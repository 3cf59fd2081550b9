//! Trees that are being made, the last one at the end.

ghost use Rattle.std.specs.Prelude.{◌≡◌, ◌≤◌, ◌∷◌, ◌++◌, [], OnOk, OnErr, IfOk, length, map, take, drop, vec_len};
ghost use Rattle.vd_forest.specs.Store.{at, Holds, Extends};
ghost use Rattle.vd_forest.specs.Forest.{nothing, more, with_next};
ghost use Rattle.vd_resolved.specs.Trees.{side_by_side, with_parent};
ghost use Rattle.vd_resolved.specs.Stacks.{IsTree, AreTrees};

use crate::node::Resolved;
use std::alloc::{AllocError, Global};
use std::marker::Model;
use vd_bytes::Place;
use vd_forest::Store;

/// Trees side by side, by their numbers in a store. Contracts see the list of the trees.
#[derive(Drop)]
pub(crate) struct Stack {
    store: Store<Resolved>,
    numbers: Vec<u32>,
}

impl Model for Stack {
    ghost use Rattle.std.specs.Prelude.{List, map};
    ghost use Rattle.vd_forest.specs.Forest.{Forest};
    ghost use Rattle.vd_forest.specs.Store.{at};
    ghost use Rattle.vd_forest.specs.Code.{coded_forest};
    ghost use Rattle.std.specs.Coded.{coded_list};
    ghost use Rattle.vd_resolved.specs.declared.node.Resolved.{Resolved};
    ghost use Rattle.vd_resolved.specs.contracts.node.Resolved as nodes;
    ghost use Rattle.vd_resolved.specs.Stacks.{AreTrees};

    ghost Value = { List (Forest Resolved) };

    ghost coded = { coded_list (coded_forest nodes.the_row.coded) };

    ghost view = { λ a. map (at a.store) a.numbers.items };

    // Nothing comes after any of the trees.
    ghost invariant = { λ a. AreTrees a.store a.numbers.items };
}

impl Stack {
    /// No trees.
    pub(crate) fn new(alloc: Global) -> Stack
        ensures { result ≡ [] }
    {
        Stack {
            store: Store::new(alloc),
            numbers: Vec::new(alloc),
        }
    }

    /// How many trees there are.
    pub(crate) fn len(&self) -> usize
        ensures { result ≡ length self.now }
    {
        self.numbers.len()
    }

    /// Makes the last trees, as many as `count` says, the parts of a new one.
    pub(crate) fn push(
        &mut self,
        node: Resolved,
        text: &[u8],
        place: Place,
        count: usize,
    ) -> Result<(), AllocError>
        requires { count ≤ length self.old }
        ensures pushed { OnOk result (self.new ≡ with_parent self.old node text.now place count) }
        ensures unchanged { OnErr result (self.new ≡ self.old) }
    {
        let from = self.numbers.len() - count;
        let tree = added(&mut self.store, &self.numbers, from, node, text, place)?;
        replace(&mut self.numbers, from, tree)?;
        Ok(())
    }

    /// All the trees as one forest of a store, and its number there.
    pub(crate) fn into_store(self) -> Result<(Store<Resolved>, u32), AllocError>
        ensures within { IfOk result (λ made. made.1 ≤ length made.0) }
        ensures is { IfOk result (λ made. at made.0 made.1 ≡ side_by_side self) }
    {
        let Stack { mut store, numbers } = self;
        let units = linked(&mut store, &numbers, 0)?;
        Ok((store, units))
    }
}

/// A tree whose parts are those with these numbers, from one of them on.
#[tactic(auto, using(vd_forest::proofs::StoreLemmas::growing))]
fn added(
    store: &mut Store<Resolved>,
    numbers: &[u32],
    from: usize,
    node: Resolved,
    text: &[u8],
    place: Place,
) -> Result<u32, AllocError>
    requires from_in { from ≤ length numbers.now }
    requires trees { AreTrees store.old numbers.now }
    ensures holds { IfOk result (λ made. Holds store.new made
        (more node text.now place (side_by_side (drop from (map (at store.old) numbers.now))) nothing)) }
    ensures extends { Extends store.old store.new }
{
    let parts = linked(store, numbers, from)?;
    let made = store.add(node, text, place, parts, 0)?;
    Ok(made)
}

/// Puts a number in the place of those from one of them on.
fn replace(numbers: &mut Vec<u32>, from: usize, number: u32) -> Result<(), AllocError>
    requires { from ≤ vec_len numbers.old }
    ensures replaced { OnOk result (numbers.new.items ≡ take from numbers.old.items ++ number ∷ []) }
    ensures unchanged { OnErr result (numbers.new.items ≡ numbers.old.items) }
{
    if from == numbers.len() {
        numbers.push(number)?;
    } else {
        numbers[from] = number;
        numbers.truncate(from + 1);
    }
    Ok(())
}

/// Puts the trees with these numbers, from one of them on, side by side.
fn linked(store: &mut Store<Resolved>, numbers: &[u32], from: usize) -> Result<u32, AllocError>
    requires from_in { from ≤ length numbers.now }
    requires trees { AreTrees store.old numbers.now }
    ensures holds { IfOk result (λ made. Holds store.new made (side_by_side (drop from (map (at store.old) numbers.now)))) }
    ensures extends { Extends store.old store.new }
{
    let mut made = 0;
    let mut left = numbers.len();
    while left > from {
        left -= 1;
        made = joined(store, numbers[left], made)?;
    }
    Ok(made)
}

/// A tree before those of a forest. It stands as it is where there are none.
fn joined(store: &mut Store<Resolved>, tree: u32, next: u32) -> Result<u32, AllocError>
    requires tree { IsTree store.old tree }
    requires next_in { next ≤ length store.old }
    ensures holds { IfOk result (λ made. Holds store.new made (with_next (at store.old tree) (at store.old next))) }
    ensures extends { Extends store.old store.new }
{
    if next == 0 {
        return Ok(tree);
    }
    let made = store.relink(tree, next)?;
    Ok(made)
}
+ + + + +
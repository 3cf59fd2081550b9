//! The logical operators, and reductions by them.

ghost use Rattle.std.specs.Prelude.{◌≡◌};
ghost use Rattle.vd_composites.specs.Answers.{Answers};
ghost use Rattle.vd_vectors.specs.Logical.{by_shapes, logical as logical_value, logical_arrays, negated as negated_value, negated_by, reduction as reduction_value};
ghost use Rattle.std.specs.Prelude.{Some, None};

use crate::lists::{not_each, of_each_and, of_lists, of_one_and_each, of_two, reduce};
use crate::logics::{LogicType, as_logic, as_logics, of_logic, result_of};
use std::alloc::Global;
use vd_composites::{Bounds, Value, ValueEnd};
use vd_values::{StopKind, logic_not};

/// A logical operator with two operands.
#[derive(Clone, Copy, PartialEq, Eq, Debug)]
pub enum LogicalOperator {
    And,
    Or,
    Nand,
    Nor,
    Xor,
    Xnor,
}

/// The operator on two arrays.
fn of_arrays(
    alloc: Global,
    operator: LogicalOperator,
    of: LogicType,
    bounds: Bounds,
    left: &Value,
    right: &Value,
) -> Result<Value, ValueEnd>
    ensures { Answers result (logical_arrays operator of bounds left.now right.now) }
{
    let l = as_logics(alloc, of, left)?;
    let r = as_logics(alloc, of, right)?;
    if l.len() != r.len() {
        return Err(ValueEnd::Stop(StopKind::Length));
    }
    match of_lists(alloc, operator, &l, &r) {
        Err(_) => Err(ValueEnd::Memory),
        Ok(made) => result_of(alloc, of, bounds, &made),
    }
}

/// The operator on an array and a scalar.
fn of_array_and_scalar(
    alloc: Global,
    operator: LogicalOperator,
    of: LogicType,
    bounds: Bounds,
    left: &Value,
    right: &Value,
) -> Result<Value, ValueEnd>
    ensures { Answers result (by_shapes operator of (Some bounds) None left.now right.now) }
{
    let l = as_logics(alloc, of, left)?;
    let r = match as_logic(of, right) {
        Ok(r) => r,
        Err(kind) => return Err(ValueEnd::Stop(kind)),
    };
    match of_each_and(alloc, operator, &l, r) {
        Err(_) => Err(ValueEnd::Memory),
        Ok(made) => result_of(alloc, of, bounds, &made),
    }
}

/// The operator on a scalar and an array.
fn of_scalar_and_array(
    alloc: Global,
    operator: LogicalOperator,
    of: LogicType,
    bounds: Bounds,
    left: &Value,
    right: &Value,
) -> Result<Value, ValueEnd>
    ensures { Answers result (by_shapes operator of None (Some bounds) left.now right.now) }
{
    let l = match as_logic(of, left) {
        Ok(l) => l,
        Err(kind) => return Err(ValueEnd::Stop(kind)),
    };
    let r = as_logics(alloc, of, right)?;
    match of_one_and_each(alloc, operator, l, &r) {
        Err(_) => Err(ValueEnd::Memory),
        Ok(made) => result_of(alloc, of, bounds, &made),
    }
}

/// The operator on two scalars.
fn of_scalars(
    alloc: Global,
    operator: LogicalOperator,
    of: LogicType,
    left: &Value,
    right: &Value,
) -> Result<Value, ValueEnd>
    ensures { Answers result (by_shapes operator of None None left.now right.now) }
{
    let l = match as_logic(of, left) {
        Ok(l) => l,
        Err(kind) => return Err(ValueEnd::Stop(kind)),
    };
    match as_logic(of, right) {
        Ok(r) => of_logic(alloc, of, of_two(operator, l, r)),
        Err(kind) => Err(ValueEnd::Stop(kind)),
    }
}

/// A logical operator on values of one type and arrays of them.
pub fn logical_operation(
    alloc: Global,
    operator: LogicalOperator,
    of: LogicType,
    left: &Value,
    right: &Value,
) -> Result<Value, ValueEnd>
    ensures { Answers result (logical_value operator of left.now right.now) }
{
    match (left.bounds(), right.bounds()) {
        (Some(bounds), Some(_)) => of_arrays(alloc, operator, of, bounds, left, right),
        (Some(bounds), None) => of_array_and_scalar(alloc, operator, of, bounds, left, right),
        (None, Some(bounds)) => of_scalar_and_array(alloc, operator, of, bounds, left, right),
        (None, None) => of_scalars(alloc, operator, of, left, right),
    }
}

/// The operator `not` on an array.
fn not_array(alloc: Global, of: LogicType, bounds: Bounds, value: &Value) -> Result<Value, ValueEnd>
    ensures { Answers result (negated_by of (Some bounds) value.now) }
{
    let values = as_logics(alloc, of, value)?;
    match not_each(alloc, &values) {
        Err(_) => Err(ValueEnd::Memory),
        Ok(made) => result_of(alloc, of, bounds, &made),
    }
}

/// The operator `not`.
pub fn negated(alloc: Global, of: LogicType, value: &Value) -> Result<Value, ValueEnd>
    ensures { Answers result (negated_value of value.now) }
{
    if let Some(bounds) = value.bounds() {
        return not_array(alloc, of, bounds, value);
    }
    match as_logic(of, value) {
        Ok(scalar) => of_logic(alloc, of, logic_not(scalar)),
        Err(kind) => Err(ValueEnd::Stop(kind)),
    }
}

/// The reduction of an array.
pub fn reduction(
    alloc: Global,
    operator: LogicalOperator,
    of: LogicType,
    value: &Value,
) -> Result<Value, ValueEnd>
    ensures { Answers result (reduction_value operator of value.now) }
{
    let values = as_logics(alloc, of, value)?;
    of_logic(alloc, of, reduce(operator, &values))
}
+ + + + +
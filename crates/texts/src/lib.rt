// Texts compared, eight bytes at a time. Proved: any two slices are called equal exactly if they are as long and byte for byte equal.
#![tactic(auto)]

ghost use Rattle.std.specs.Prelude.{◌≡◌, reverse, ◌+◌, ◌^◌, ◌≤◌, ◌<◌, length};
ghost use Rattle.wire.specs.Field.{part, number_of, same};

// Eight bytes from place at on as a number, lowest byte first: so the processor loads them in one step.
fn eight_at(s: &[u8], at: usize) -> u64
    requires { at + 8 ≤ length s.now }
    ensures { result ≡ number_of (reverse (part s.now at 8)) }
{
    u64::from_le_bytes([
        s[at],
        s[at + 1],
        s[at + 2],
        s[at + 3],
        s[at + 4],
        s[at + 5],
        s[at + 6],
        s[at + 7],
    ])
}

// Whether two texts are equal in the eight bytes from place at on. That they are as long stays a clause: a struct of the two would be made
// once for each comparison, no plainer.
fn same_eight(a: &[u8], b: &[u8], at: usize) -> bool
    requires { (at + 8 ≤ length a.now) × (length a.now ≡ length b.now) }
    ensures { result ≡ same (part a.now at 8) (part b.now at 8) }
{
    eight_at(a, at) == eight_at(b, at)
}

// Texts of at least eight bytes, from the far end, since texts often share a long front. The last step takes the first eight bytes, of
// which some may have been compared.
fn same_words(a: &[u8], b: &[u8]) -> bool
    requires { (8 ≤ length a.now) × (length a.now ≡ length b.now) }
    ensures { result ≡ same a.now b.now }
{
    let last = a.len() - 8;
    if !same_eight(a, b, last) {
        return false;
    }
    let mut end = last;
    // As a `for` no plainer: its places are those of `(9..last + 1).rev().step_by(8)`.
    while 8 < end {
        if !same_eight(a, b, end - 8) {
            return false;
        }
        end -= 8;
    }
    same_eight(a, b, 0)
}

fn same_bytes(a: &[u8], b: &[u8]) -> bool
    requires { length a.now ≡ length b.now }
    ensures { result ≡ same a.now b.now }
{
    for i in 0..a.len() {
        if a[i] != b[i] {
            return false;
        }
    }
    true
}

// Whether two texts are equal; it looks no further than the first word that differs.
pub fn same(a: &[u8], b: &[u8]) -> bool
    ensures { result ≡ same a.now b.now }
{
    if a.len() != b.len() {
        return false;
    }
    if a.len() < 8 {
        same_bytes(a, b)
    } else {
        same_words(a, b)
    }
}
+ + + + +
## TASK
In the entries above, find each line that includes the string "more" and copy it.

## SOLUTION
ghost use Rattle.vd_forest.specs.Forest.{nothing, more, with_next};
        (more node text.now place (side_by_side (drop from (map (at store.old) numbers.now))) nothing)) }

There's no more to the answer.